Sensor fusion is the intermingling of sensory data from various sources to create a more complete image than would otherwise be possible if considering the independent sources by themselves. During the process of sensor fusion, the enhanced completeness of the image refers to information which is increasingly more complete, accurate, or reliable than the independent sources should warrant. In other words, sensory fusion is an example of two plus two equaling five; the combination of data sources offers extra sensory information that would not otherwise be available. Sensor fusion is typically used in surveillance operations, including with television cameras, sonar, radar, and geological surveillance involving seismic or magnetic sensors. The process takes place through a centralized or decentralized approach, depending upon which party is responsible for combining the images into a single whole.
Perhaps the simplest way for someone to think about sensor fusion is to picture a home security system consisting of multiple surveillance cameras set up throughout the different rooms of a house. If all of the cameras are linked to one central room containing a single television monitor for each camera, there will be a wall of images which represents the aggregate surveillance data for the entire house. This aggregate combination of images illustrates the additional benefits of fusing the images together into a single whole; by having all of the camera information broadcast to a central location, it becomes much easier to track the movements and activities of individuals in the house.

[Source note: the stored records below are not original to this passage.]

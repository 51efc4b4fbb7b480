//! The leaves of a tree.

ghost use Rattle.std.specs.Prelude.{IfOk};
ghost use Rattle.cube_jobs.specs.Results.{AreLeaves};
ghost use Rattle.cube_tree.specs.CubeTree.{cubes_of};

use cube_tree::Tree;
use cube_tree::laws::a_cube_for_each_leaf;
use std::alloc::{AllocError, Global};

/// Returns all leaves of the tree, rising.
#[tactic(auto, using(crate::proofs::LeafLemmas::none_yet, crate::proofs::LeafLemmas::one_more, crate::proofs::LeafLemmas::are_leaves))]
pub(crate) fn leaves_of(alloc: Global, tree: &Tree) -> Result<Vec<u32>, AllocError>
    ensures { IfOk result (λ leaves. AreLeaves (cubes_of tree.now) leaves.items) }
{
    a_cube_for_each_leaf();
    let count = tree.leaves();
    let mut leaves = Vec::with_capacity(alloc, count as usize)?;
    for leaf in 0..count {
        leaves.push(leaf)?;
    }
    Ok(leaves)
}
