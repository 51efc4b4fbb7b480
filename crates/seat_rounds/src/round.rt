//! A round: what its jobs share.

ghost use Rattle.proof_log.specs.Answers.{IsWithin};

use crate::seat::Seat;
use dimacs::Lit;
use proof_log::{Answer, CubeSolver, SharedClauses, SharingLearner};
use std::alloc::{AllocError, Global};
use std::sync::Mutex;

/// The seats, each of which the job of one leaf runs, what they gave after the round before, and how many conflicts a seat may have.
#[derive(Drop)]
pub(crate) struct Round<S> {
    /// By the number of the leaf that stands for the seat, from 0.
    pub(crate) seats: Vec<Mutex<Seat<S>>>,
    /// By the number of the seat that gave them. They stay the same while the round runs, so that what a seat takes in does not depend on which runs first.
    pub(crate) given: Vec<SharedClauses>,
    pub(crate) conflicts: u64,
}

/// Returns the number of the leaf of this cube in a full tree, from 0. The cube's literals stand from the root on, and a negative one leads to the right:
/// they are the number's bits, the highest first.
pub(crate) fn leaf_of(cube: &[Lit]) -> usize {
    let mut leaf: usize = 0;
    for literal in cube {
        leaf = leaf.wrapping_mul(2);
        if !literal.is_positive() {
            leaf = leaf.wrapping_add(1);
        }
    }
    leaf
}

impl<S: SharingLearner + Drop> Round<S> {
    /// Runs the seat of this number, if there is one, for at most this many conflicts.
    pub(crate) fn run_seat(&self, number: usize, conflicts: u64) {
        let Some(slot) = self.seats.get(number) else {
            return;
        };
        // A leaf is dealt once, so its seat is free.
        if let Some(mut guard) = slot.try_lock() {
            let seat = &mut *guard;
            seat.run(number, self.given.as_slice(), conflicts);
        }
    }
}

impl<S: SharingLearner + Drop> CubeSolver for Round<S> {
    fn solve(&self, _alloc: Global, cube: &[Lit], _budget: u64) -> Result<Answer, AllocError> {
        // The budget of a cube is not asked: a seat goes by the conflicts of the round, and the answer, which is open, has no steps.
        self.run_seat(leaf_of(cube), self.conflicts);
        Ok(Answer::Open)
    }

    // The round counts the additions of its seats, and reports them itself.
    fn take_conflicts(&self) -> u64 {
        0
    }
}
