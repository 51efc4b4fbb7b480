//! Rounds, until there is an answer or the budget is used up.

ghost use Rattle.std.specs.Prelude.{IfOk, IfSome};
ghost use Rattle.cube_jobs.specs.Results.{AreLeaves};
ghost use Rattle.cube_tree.specs.CubeTree.{cubes_of};
ghost use Rattle.proof_log.specs.Answers.{IsWithin};

use crate::beside::{ModelSearch, RoundBeside};
use crate::leaves::leaves_of;
use crate::seats::Seats;
use cube_jobs::{Gate, OpenGate, SearchFault, SearchRun};
use cube_queue::search;
use cube_tree::Tree;
use dimacs::{Assignment, ClauseList};
use proof_log::{Answer, Attempt, SharingLearner};
use std::alloc::{AllocError, Global};
use std::sync::Wait;
use std::thread::Threads;

/// Conflicts of a seat in a round. Fewer share sooner what is learned, but each seat goes back to level 0 for it: of five traces without a schedule the seats
/// took 119 thousand conflicts in rounds of 100, and 123 thousand in rounds of 50.
const ROUND_CONFLICTS: u64 = 100;

/// Runs a round: each of these leaves stands for a seat. Returns how many conflicts there were.
fn run_round<R: Threads + Wait + Sync, L: ClauseList + Sync, S: SharingLearner + Drop + Send, G>(
    run: &SearchRun<'_, R, G>,
    formula: &L,
    tree: &Tree,
    leaves: &[u32],
    seats: &mut Seats<S>,
    conflicts: u64,
) -> Result<u64, SearchFault>
    requires { AreLeaves (cubes_of tree.now) leaves.now }
{
    seats.begin_round(conflicts)?;
    let _results = search(
        run.alloc,
        run.rt,
        formula,
        &seats.round,
        tree,
        leaves,
        run.options,
        &OpenGate,
    )?;
    Ok(seats.additions())
}

/// Runs a round in which the jobs of the first seats look for a model in these ways. Returns the model of the first way that has found one.
fn look_in_round<
    R: Threads + Wait + Sync,
    L: ClauseList + Sync,
    S: SharingLearner + Drop + Send,
    M: ModelSearch + Drop + Sync,
    G,
>(
    run: &SearchRun<'_, R, G>,
    formula: &L,
    tree: &Tree,
    seats: &mut Seats<S>,
    models: M,
    conflicts: u64,
) -> Result<Option<Assignment>, SearchFault> {
    let leaves = leaves_of(run.alloc, tree)?;
    seats.begin_round(conflicts)?;
    let mut beside = RoundBeside::new(run.alloc, &seats.round, models)?;
    let _results = search(
        run.alloc,
        run.rt,
        formula,
        &beside,
        tree,
        leaves.as_slice(),
        run.options,
        &OpenGate,
    )?;
    let found = beside.model(run.alloc, leaves.len())?;
    Ok(found)
}

/// Searches of one formula that go on in rounds, and the conflicts that they may still have.
#[derive(Drop)]
pub struct SeatSearch<S> {
    seats: Seats<S>,
    left: u64,
}

impl<S: SharingLearner + Drop + Send> SeatSearch<S> {
    /// Starts with these searches, of which only the first may have learned clauses already. All together may have `budget` conflicts, with those
    /// that the first has had.
    pub fn new(
        alloc: Global,
        searches: Vec<Attempt<S>>,
        budget: u64,
    ) -> Result<SeatSearch<S>, AllocError> {
        let mut seats = Seats::new(alloc, searches)?;
        // Before the first round the only additions are those of the first search.
        let left = budget.saturating_sub(seats.additions());
        Ok(SeatSearch { seats, left })
    }

    /// The conflicts that each seat may have in the next round, of this many at most, none if they are used up. All these seats are charged what they may use,
    /// also those that wait, so the number of rounds does not depend on what they use.
    fn charge_round(&mut self, most: u64, seats: u64) -> u64 {
        let count = seats.max(1);
        let conflicts = most.min(self.left / count);
        self.left = self.left.saturating_sub(conflicts.saturating_mul(count));
        conflicts
    }

    /// Goes on for at most this many rounds. The answer is that of the lowest search that has ended with one, or else of the lowest that is refuted without a
    /// further conflict, or `Open` if all together have had their conflicts; there is none yet if the rounds are over before. After each round the searches exchange what they have learned. One whose number is not that of a
    /// leaf of the tree waits. Each round is searched by the workers of the options, and the gate gets its conflicts. A derivation has at most `steps`
    /// steps: if a search ends with a longer one, the answer is `Open`, and if one takes more without a further conflict, the search goes on.
    pub fn go_on<R: Threads + Wait + Sync, L: ClauseList + Sync, G: Gate>(
        &mut self,
        run: &SearchRun<'_, R, G>,
        formula: &L,
        tree: &Tree,
        rounds: u64,
        steps: u64,
    ) -> Result<Option<Answer>, SearchFault>
        ensures { IfOk result (λ found. IfSome found (λ answer. IsWithin steps answer)) }
    {
        let leaves = leaves_of(run.alloc, tree)?;
        let count = self.seats.count();
        for _ in 0..rounds {
            let conflicts = self.charge_round(ROUND_CONFLICTS, count);
            if conflicts == 0 {
                return Ok(Some(Answer::Open));
            }
            let had = run_round(
                run,
                formula,
                tree,
                leaves.as_slice(),
                &mut self.seats,
                conflicts,
            )?;
            run.gate.conflicts(had);
            if let Some(answer) = self.seats.answer(steps)? {
                return Ok(Some(answer));
            }
        }
        Ok(None)
    }

    /// Goes on for a round in which the first seats have no conflicts: the job of each looks for a model in one of these ways. The others have the conflicts of as
    /// many rounds as a look takes, as long as they last. The answer is the model of the first way that has found one, or else that of the round, as in `go_on`.
    pub fn look_beside<
        R: Threads + Wait + Sync,
        L: ClauseList + Sync,
        M: ModelSearch + Drop + Sync,
        G: Gate,
    >(
        &mut self,
        run: &SearchRun<'_, R, G>,
        formula: &L,
        tree: &Tree,
        models: M,
        steps: u64,
    ) -> Result<Option<Answer>, SearchFault>
        ensures { IfOk result (λ found. IfSome found (λ answer. IsWithin steps answer)) }
    {
        let searching = self.seats.count().saturating_sub(models.ways() as u64);
        let most = ROUND_CONFLICTS.saturating_mul(models.rounds());
        let conflicts = self.charge_round(most, searching);
        let found = look_in_round(run, formula, tree, &mut self.seats, models, conflicts)?;
        run.gate.conflicts(self.seats.additions());
        if let Some(model) = found {
            return Ok(Some(Answer::Model(model)));
        }
        Ok(self.seats.answer(steps)?)
    }
}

This can be contrasted against a situation where there is only a single television screen and the observer must cycle through the different cameras to obtain the desire image. The observer is still getting the exact same data, but the fact that the information is obtained in disparate pieces — as opposed to a seamless whole — makes the surveillance process far more difficult to execute. Gathering data on an intruder in a sensory-fused environment provides extra information; in certain cases, overlapping camera coverage zones will provide a multi-angle view of the intruder, making identification and observation that much easier. In a non-sensory-fused environment, having to cycle through images on a single screen will deprive the observer of these multi-angle benefits. Although it provides the exact same views, an observer benefits more from having the images fused together.
This is a decentralized example of sensory fusion; the observer must piece together the camera feed data using his own judgment and knowledge. This can be compared against a centralized sensor fusion environment, where some party at a central location combines the data sources before forwarding the end-result to the client. When selecting one or the other, experience is an important determining factor. In an environment where the client has expertise at sorting through and meshing together disparate pieces of data, a decentralized approach can allow the client to use his professional judgment with the raw data. When the client has less experience, a centralized approach can allow more skilled individuals to sort through the raw data, forwarding only the most relevant information to the client.